This essay is excerpted from Media Law Handbook, published by the Bureau of International Information Programs.
But who watches the watchdog? Who ensures that the press will be accountable? In some countries, the answer is the government. Laws, statutes, and codes spell out in detail the conduct required of news organizations. In these nations, journalists’ rights often depend upon fulfillment of responsibilities. The rub is that the government’s definition of responsibility may differ greatly from that of the press itself, or even the public.
In other countries, the answer is, the press itself, and its readers and viewers.
In some parts of the world, news organizations or individual journalists subscribe to ethical codes of conduct, like that of the National Union of Journalists in the United Kingdom. Other countries impose ethical standards as a matter of law. In the United States, individual news organizations have adopted their own ethical guidelines. Typically, these codes or guidelines set out the institution’s rules governing financial and other conflicts of interest.

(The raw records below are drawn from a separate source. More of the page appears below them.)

//! Lending rows to a transaction, and taking them back.

ghost use Rattle.std.specs.Prelude.{◌≡◌, true, false, if◌then◌else◌, Some, IfOk, OnOk, OnErr, IsSome};
ghost use Rattle.std.specs.FinMap as map;
ghost use Rattle.values.specs.declared.name.RowName.{RowName as Name};
ghost use Rattle.proclang_types.specs.declared.right.Right.{Right};
ghost use Rattle.coarsen.specs.Clashes.{locks_row};
ghost use Rattle.meaning.specs.Frame.{touches};
ghost use Rattle.interp.specs.Entries.{entry_shape};
ghost use Rattle.lock_tree.specs.Locks.{plan_of, with_mark, without};
ghost use Rattle.lock_tree.specs.Ready.{ready};
ghost use Rattle.scheduler.specs.Lending.{CanBeLent, IsJobFor};

use crate::job::Job;
use coarsen::Plan;
use interp::Entry;
use lock_tree::LockTree;
use row_store::RowStore;
use std::alloc::Global;
use values::NoMemory;

/// Whether a transaction is ready. The least of those that are open is, without a look for it.
pub(crate) fn is_ready(locks: &LockTree, no: u64) -> bool
    ensures { result ≡ ready locks.now.waiting no }
{
    match locks.next_ready() {
        Some(least) if least == no => true,
        _ => locks.is_ready(no),
    }
}

/// The job of a transaction: the rows that its plan locks are lent to it, and it is marked.
/// On an error nothing has changed.
pub(crate) fn lend_to(
    alloc: Global,
    store: &mut RowStore,
    locks: &mut LockTree,
    no: u64,
    entry: &Entry,
    plan: &Plan,
) -> Result<Job, NoMemory>
    requires tables { entry.now.request.proc.tables ≡ store.old.tables }
    requires locks { (name : Name) (right : Right) → touches (entry_shape entry.now) name right ≡ true →
        locks_row store.old.tables plan.now name right ≡ true }
    requires can { CanBeLent store.old no plan.now }
    requires there { IsSome (plan_of locks.old.waiting no) }
    ensures tables { store.new.tables ≡ store.old.tables }
    ensures rows { store.new.rows ≡ store.old.rows }
    ensures lent { OnOk result (store.new.lent ≡ map.insert store.old.lent no plan.now) }
    ensures marked { OnOk result (locks.new ≡ record locks.old { waiting = with_mark no true locks.old.waiting }) }
    ensures err { OnErr result ((store.new ≡ store.old) × (locks.new ≡ locks.old)) }
    ensures job { IfOk result (IsJobFor store.old no entry.now plan.now) }
{
    let entry = entry.clone()?;
    let loan = store.lend(no, plan)?;
    match Job::new(alloc, no, entry, loan) {
        Ok(job) => {
            locks.mark(no);
            Ok(job)
        }
        Err(loan) => {
            store.give_back(no, loan);
            Err(NoMemory)
        }
    }
}

/// Puts what a transaction left into the store, and takes its requests out of the lock tree.
pub(crate) fn give_back(store: &mut RowStore, locks: &mut LockTree, no: u64, job: Job)
    requires lent { map.get store.old.lent no ≡ Some job.loan.plan }
    requires tables { job.loan.tables ≡ store.old.tables }
    requires there { IsSome (plan_of locks.old.waiting no) }
    ensures tables { store.new.tables ≡ store.old.tables }
    ensures rows { (name : Name) →
        map.get store.new.rows name ≡ (if locks_row job.loan.tables job.loan.plan name Right.Write
        then map.get job.loan.rows name else map.get store.old.rows name) }
    ensures lent { store.new.lent ≡ map.remove store.old.lent no }
    ensures released { locks.new ≡ record locks.old { waiting = without no locks.old.waiting } }
{
    store.give_back(no, job.into_loan());
    locks.release(no);
}

/// Puts the rows of a job that was not run back into the store, and takes the mark off its transaction.
pub(crate) fn take_back(store: &mut RowStore, locks: &mut LockTree, no: u64, job: Job)
    requires lent { map.get store.old.lent no ≡ Some job.loan.plan }
    requires tables { job.loan.tables ≡ store.old.tables }
    requires there { IsSome (plan_of locks.old.waiting no) }
    ensures tables { store.new.tables ≡ store.old.tables }
    ensures rows { (name : Name) →
        map.get store.new.rows name ≡ (if locks_row job.loan.tables job.loan.plan name Right.Write
        then map.get job.loan.rows name else map.get store.old.rows name) }
    ensures lent { store.new.lent ≡ map.remove store.old.lent no }
    ensures unmarked { locks.new ≡ record locks.old { waiting = with_mark no false locks.old.waiting } }
{
    store.give_back(no, job.into_loan());
    locks.unmark(no);
}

For example, an ethical guideline may prohibit a reporter from covering a company for which her spouse works. Or it may forbid a reporter to take part in a protest march, or to display a political sticker on the fender of his car or a placard in his front garden, or to wear a national flag in her lapel as she reports the news. Or it may prohibit a reporter from accepting even a nominal gift from a news source. Guidelines like these are intended to maintain both the reality and the appearance of journalistic independence.
It would seem unnecessary for ethical guidelines to address the necessity for accuracy and truth-telling. But after journalists like Jayson Blair of the New York Times either fabricated or plagiarized the news stories they submitted to their editors, many organizations have revised their ethics guidelines to make clear that neither practice can ever be accepted or condoned by a responsible news organization.
Sometimes ethics and the law intersect. In Northern Ireland, for example, Suzanne Breen, the Belfast-based editor for Dublin’s Sunday Tribune, faced a legal and ethical dilemma. Breen had been telephoned by an individual who claimed responsibility for murdering two soldiers at Massereene Barracks in Antrim. The police demanded that she turn over her cell phone, computer records, and notes about her contacts with the paramilitary Real IRA organization. Breen resisted, arguing that to do so would breach her professional obligation to protect the confidentiality of her sources. She also candidly acknowledged that complying with the law enforcement demands could endanger her life, and the lives of her family members. But if she defied the order, Breen faced the prospect of up to five years in jail for contempt.
In June 2009, a judge in Belfast ruled that compelling Breen to surrender her news-gathering materials would put her life at risk in contravention of the European Convention on Human Rights.
By contrast, in the United States, New York Times reporter Judith Miller refused to cooperate in a criminal investigation seeking the identity of a government official who had revealed the identity of a covert intelligence agent. Miller defied orders to testify, even after judicial rulings that journalists possessed no special privilege to decline naming confidential sources. She spent 85 days in jail in 2005. Some judges and members of the public argued that journalists can never hold themselves above the law. But the ethics policies of most news organizations would require a reporter to honor a promise given to a source, even if it means going to jail.
Legal and ethical provisions vary from country to country. Reasonable people — and even journalists themselves — may disagree on how they should apply in a particular situation and whether they strike the proper balance between competing societal interests.